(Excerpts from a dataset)

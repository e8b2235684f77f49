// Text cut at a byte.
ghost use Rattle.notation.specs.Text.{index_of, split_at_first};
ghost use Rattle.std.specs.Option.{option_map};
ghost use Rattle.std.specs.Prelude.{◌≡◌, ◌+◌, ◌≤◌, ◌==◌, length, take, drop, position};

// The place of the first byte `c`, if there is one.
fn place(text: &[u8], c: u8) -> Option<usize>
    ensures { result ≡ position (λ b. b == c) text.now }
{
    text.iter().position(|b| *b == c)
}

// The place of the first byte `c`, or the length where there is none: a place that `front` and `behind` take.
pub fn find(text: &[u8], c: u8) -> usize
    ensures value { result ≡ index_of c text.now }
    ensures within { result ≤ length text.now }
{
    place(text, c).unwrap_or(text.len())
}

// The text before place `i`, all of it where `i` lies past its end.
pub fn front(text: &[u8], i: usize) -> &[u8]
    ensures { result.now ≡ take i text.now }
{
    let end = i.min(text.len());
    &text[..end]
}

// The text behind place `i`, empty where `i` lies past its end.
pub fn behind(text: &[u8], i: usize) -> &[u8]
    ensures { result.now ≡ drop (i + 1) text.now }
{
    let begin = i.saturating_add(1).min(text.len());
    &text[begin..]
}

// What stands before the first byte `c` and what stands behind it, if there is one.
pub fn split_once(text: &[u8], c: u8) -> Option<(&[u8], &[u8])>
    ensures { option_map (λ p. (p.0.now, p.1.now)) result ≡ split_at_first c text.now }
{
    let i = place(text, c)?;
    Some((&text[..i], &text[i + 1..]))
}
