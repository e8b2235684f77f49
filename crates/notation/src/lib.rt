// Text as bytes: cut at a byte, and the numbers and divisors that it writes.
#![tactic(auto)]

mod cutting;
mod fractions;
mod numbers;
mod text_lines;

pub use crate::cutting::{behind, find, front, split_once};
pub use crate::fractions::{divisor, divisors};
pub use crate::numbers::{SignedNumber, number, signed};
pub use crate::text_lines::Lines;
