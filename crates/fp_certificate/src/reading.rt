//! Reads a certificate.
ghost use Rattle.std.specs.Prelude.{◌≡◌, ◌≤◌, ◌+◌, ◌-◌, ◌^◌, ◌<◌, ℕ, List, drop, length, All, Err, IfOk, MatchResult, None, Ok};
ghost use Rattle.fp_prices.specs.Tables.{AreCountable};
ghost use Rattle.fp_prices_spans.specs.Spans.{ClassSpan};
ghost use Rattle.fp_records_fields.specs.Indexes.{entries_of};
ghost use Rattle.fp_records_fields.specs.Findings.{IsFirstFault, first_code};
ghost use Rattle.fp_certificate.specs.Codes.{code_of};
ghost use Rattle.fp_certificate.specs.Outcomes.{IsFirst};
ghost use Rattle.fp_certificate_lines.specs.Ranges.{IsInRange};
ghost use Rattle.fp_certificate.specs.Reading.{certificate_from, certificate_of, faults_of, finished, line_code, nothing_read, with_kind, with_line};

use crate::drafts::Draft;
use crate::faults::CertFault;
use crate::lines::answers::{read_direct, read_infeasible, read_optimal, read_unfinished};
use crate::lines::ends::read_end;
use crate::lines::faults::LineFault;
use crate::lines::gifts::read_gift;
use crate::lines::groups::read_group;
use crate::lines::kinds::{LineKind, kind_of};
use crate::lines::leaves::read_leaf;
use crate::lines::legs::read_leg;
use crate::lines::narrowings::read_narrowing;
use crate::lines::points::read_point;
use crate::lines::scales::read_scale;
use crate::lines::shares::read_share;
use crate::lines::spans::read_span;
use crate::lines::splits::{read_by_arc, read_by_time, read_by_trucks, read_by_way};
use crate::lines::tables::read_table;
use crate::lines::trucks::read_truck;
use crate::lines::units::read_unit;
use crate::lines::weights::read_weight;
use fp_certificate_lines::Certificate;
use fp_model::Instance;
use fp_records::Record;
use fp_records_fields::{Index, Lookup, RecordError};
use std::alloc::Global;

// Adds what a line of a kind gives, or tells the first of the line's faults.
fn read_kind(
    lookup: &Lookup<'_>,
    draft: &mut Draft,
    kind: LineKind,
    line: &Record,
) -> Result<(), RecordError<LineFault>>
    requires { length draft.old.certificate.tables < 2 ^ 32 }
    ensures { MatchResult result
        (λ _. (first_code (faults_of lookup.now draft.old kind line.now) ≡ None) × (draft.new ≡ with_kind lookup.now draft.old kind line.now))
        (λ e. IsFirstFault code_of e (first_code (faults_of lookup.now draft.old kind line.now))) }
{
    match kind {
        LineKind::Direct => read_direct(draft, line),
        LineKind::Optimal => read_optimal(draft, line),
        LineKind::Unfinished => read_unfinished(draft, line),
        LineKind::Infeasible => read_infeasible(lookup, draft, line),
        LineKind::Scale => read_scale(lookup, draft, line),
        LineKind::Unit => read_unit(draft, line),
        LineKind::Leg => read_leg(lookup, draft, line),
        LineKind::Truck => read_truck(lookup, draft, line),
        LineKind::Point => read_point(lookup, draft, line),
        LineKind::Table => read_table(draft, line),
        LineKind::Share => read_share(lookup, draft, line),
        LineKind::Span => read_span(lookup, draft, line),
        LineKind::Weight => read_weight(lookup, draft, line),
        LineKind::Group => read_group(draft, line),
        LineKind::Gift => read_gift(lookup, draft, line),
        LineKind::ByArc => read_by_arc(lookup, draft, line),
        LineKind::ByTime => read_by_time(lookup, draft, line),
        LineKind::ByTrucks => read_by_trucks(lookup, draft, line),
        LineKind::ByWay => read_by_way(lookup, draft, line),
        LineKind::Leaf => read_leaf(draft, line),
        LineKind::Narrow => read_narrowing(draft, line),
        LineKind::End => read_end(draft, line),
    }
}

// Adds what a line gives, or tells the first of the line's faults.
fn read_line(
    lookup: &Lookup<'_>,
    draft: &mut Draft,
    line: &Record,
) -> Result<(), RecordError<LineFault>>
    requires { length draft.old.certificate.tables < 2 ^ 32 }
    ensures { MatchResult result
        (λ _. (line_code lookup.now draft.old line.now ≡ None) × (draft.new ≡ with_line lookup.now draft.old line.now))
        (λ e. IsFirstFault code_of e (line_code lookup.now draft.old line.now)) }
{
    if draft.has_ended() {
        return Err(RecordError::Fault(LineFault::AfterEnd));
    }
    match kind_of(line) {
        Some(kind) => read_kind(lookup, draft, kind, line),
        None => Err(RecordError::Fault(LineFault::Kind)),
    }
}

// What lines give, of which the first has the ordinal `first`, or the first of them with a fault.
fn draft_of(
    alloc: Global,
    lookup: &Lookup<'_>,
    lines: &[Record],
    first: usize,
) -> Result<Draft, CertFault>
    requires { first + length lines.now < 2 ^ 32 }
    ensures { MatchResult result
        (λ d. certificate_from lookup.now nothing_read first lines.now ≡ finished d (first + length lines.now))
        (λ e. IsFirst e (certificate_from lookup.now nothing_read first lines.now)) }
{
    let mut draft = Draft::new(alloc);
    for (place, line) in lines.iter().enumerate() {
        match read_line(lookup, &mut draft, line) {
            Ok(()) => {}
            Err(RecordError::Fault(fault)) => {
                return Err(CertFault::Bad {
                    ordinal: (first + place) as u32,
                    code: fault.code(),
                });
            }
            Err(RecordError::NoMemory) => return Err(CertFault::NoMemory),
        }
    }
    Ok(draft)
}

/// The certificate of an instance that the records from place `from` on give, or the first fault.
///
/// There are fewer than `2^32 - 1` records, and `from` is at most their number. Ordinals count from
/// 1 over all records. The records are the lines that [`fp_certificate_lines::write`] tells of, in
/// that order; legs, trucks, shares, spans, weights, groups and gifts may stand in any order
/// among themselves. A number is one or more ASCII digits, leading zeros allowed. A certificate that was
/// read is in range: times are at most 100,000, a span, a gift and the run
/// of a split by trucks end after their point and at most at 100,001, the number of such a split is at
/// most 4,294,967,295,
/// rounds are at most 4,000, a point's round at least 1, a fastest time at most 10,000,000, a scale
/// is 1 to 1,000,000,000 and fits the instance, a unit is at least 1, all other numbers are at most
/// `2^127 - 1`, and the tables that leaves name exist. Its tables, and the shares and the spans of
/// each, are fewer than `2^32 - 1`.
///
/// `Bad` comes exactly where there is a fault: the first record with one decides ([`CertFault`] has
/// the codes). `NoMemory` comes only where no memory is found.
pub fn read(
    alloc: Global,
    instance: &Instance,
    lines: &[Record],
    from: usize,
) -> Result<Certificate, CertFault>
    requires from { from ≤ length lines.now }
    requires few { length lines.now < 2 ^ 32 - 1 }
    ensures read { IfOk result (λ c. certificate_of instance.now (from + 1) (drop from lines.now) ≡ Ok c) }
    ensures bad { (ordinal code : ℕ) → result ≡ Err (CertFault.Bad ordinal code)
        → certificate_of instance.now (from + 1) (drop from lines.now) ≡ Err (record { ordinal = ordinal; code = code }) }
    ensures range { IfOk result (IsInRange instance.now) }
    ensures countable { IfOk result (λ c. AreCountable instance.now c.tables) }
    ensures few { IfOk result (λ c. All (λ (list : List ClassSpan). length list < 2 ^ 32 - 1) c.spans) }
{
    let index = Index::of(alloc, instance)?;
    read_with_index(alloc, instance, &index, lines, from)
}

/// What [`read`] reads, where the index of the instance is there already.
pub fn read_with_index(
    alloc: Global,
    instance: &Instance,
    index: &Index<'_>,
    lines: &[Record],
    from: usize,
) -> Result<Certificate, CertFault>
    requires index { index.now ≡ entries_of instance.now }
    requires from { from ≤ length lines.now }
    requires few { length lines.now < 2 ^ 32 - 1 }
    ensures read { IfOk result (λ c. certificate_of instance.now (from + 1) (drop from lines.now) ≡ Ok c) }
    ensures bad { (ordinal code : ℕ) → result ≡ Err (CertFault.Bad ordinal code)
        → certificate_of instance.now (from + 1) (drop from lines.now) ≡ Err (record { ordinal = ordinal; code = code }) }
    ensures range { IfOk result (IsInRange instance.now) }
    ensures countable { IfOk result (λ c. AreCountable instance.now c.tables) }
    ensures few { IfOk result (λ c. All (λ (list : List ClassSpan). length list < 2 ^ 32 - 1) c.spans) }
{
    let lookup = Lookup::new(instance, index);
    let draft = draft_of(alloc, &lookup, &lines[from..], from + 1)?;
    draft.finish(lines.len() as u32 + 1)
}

• [YOUR TASK] Find all lines in the records that hold the word "byte". Copy them.

• [ANSWER BOX]
// Text cut at a byte.
// The place of the first byte `c`, if there is one.
// The place of the first byte `c`, or the length where there is none: a place that `front` and `behind` take.
// What stands before the first byte `c` and what stands behind it, if there is one.
// Text as bytes: cut at a byte, and the numbers and divisors that it writes.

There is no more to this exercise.